The ability to engage
patients in follow-up treatments and adherence protocols is
central to the success of population health management
programs and ultimately, quality improvement. Today,
millions of dollars and countless hours are spent each year
to try to get health care consumers to do what’s good for
them. It’s a long, slow and expensive effort that sees only
modest behavior change. It’s the dilemma of ‘health
inertia’…getting people to face personal health challenges,
adhere to a plan of action, and stay motivated to
proactively deal with their health. It’s fighting human
nature to get results.
Changing behavior takes moving
away from educational-based efforts overloaded with complex
clinical and instructional messaging about conditions and
treatment options. There needs to be a shift from education
to inspiration, from features and functions to gut-level
emotional appeals that move people to action and sustain
engagement. It’s about connecting across the customer
lifecycle around personal, relevant motivations and deep,
sometimes even unconscious desires and values like freedom,
happiness, personal goals, self-esteem, or the ability to be
a better parent or partner.
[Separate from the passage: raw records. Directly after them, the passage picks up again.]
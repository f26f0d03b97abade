//! The exploration of every order of the calls that clients make of one kernel, over any store and waiting threads: layer by
//! layer, by the number of calls, with orders that lead to the same state taken together.

mod answers;
mod ends;
pub(crate) mod exploration;
mod found;
mod kernels;
mod layer;
mod layers;
pub(crate) mod node;
mod order;
mod stuck;
mod waits;
mod words;

pub use self::exploration::{
    Explored, empty_layers_are_the_last, explore, orders_to_the_same_state_are_taken_together,
};
pub use self::found::{FoundAnswer, FoundAnswers};
pub use self::node::Node;
pub use self::order::Order;
pub use self::stuck::FoundStuck;
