//! What a call comes to in an order, and calls that wait.
use kernel_abstract::Reply;

/// What a call comes to in an order of the clients' calls. A send or a receive that waits is answered at once that it waits;
/// on a real kernel it returns when the wait ends (seL4 Reference Manual, on endpoints), so the end of the wait is told.
#[derive(Clone, Copy, Debug, PartialEq, Eq)]
pub enum Answer {
    /// The call did not wait: its reply.
    Replied(Reply),
    /// The call waited until another served it: the other's reply, which is a delivery.
    Served(Reply),
    /// The call waited until the wait was ended with no delivery.
    Cancelled,
    /// The call waits, and the order ends before it is served.
    Waits,
    /// The order ends before the call is made.
    NotMade,
}

/// A call that waits: the address of its thread, the client that made it, and its place among that client's calls, from 0 on.
#[derive(Clone, Copy, Debug, PartialEq, Eq)]
pub struct WaitingCall {
    pub thread: u64,
    pub client: usize,
    pub place: usize,
}
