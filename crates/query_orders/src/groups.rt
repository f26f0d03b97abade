//! Groups of clients whose calls share no thread and no endpoint, and the exploration of each group by itself.

mod alone;
mod clients;
mod exploring;
mod grouping;
pub mod objects;

pub use self::alone::is_in_group;
pub(crate) use self::clients::capabilities_may_change;
pub use self::exploring::{GroupExplored, GroupsExplored, explore_groups};
pub use self::objects::CallObject;
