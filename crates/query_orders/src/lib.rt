//! The orders in which clients can make their calls of one kernel, what each call comes to in them, and the exploration of all of
//! these orders.
//!
//! Which orders there are and where one ends are definitions and laws over the abstract kernel. The exploration (`exploring`) goes
//! over any store and waiting threads, and tells states apart by what a kernel shows, as words (`words`). Clients that share
//! no thread and no endpoint form groups, each of which can be explored by itself (`groups`).
#![tactic(auto)]

pub mod answer;
pub mod exploring;
pub mod groups;
pub mod laws;
pub mod left;
pub mod words;

pub use answer::{Answer, WaitingCall};
pub use exploring::{
    Explored, FoundAnswer, FoundAnswers, FoundStuck, Node, Order, empty_layers_are_the_last,
    explore, orders_to_the_same_state_are_taken_together,
};
pub use groups::{CallObject, GroupExplored, GroupsExplored, explore_groups, is_in_group};
pub use left::LeftCall;
pub use words::words_of;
It’s the principles of
healthcare behavioral economics.
Effective population
health management is about inspiring individuals to make
smart, personalized choices in a health care ecosystem
defined by significant out-of-pocket responsibility and
complicated care delivery choices. Monotone, common
denominator off-the-shelf programs to improve patient health
around chronic conditions, prevention, early detection or
wellness isn't enough. Success only comes when you can get
individuals to respond, interact and engage in a meaningful
two-way relationship driven by emotion, psychological
drivers, and most importantly built on trust. Payers,
providers and employers need to step up and support the
underlying belief that connected, motivated and empowered
health care consumers will help drive better care, better
quality, better outcomes, and ultimately, better value.